Impact Assessment and Evaluation (continued)
RPA’s public sector clients (such as the European Commission and UK Government Departments) have established procedures for conducting impact assessment. In broad terms, the impact assessments undertaken by RPA involve the following general steps:
- Clear identification of the main issues and the problems to be addressed, who/what is affected, and what is likely to happen if no action is taken (often called the ‘do nothing’ option)
- Consideration of the potential solutions to the identified issues and problems
- Development of the main policy options and potential delivery mechanisms (for example, legislation, voluntary agreements, taxes or other ‘economic instruments’)

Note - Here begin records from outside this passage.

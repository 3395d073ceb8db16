ghost use Rattle.disk_model.specs.MemDisk.{state_in};
ghost use Rattle.disk_theory.specs.Sound.{IsQuiet};

use super::*;
use std::test::Fail;

const NOTHING: &[u8] = b"findings 0\n";

const DAMAGE: &[u8] = b"findings 1\n68BC13FA477009A295E32BF01651A14CAB377A5C damaged 0 399E 6DAA\n";

// `hello` ends in no offset.
const UNFIT: &[u8] = b"findings 1\n68BC13FA477009A295E32BF01651A14CAB377A5C unfit short\n";

const DIFFERS: &[u8] = b"findings 1\n68BC13FA477009A295E32BF01651A14CAB377A5C differs\n";

// The name of the key `:x` begins with E7B6.
const MISSING_AND_EXTRA: &[u8] = b"findings 2\n68BC13FA477009A295E32BF01651A14CAB377A5C missing\n\
    E7B6F5F662C0DAF32123F79D1EE97F4F2B56A961 extra\n";

const SOUND: [Row<'static>; 4] = [
    ("1000 verify", b"", Status::Done, NOTHING),
    (PUT, b"hello", Status::Done, b"ok\n"),
    ("1000 verify", b"", Status::Done, NOTHING),
    (
        "1000 run",
        b"create 0 :x\nverify\nclose 0\nverify\n",
        Status::Done,
        b"ok\nfindings 0\nok\nfindings 0\n",
    ),
];

// An entry that is being written is left out.
#[test]
fn a_sound_cache_has_no_findings(rt: HostRuntime) -> Result<(), Fail> {
    assert!(rt; rows_turn(rt.alloc(), KEY, None, &SOUND, Some(FILE))?);
    Ok(())
}

const FIND_DAMAGE: [Row<'static>; 3] = [
    ("1000 verify", b"", Status::No, DAMAGE),
    ("1000 verify", b"", Status::No, DAMAGE),
    ("1000 run", b"verify\n", Status::Done, DAMAGE),
];

const FIND_UNFIT: [Row<'static>; 1] = [("1000 verify", b"", Status::No, UNFIT)];

// A damaged chunk by the file itself, with no index and with one; a script goes on after it. And an unfit file.
#[test]
fn damaged_chunks_and_unfit_files_are_found(rt: HostRuntime) -> Result<(), Fail> {
    let damaged = Some(DAMAGED);
    assert!(rt; rows_turn(rt.alloc(), KEY, damaged, &FIND_DAMAGE, damaged)?);
    let unfit = Some(b"hello".as_slice());
    assert!(rt; rows_turn(rt.alloc(), KEY, unfit, &FIND_UNFIT, unfit)?);
    Ok(())
}

// Whether the rows come so where the other disk's index after this one stands, and the file of `hello` beside it.
fn come_beside(
    alloc: Global,
    other: &mut MemDisk,
    disk: &mut MemDisk,
    made: &Row<'_>,
    rows: &[Row<'_>],
) -> Result<bool, Fail>
    requires { IsQuiet (state_in disk.old) }
{
    let so = comes_so(alloc, other, made)?;
    copy_index(alloc, other, disk)?;
    put_file(alloc, disk, place_of(KEY), FILE)?;
    Ok(so && rows_leave(alloc, disk, rows, KEY, Some(FILE))?)
}

fn find_beside(alloc: Global, made: &Row<'_>, rows: &[Row<'_>]) -> Result<bool, Fail> {
    let mut other = MemDisk::new(alloc);
    let mut disk = MemDisk::new(alloc);
    come_beside(alloc, &mut other, &mut disk, made, rows)
}

const OF_ANOTHER_KEY: Row<'static> = ("1000 put :x", b"", Status::Done, b"ok\n");

const FIND_BOTH: [Row<'static>; 3] = [
    ("1000 verify", b"", Status::No, MISSING_AND_EXTRA),
    ("1000 rebuild", b"", Status::Done, b"rebuilt 1\n"),
    ("1000 verify", b"", Status::Done, NOTHING),
];

const OF_ANOTHER_MOMENT: Row<'static> = (
    "2000 put :https://example.com/",
    b"hello",
    Status::Done,
    b"ok\n",
);

const FIND_ANOTHER: [Row<'static>; 1] = [("2000 verify", b"", Status::No, DIFFERS)];

// By a trusted index a record has no file, and a file no record. Records that are read anew are those of the files.
// The record of an entry that was made at another moment is not that of its file.
#[test]
fn records_are_held_against_files(rt: HostRuntime) -> Result<(), Fail> {
    assert!(rt; find_beside(rt.alloc(), &OF_ANOTHER_KEY, &FIND_BOTH)?);
    assert!(rt; find_beside(rt.alloc(), &OF_ANOTHER_MOMENT, &FIND_ANOTHER)?);
    Ok(())
}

- Analysis of the economic, social, health and environmental impacts of each option
- Comparison of the costs and benefits of the different options to identify a preferred option where possible or appropriate
- Identification of key progress indicators for the most important objectives and a monitoring structure to allow the effectiveness of the selected option to be evaluated
Public and governmental organisations in particular are accountable for their actions and must justify their interventions. As such, once a legislative (or policy) change has been implemented there is a need to evaluate whether it has been effective. This requires evidence to be presented on the costs and the effectiveness of the intervention. As with impact assessment, this is often undertaken by an independent third party such as RPA.
As well as providing the necessary transparency and accountability, evaluating the success (or otherwise) of a policy or regulation is crucial to learning lessons for the future. It is vital to know what worked well, what did not and consider how alternative approaches might improve the results. The knowledge generated by evaluation plays a critical role in the development and refinement of new and existing legislation and policies.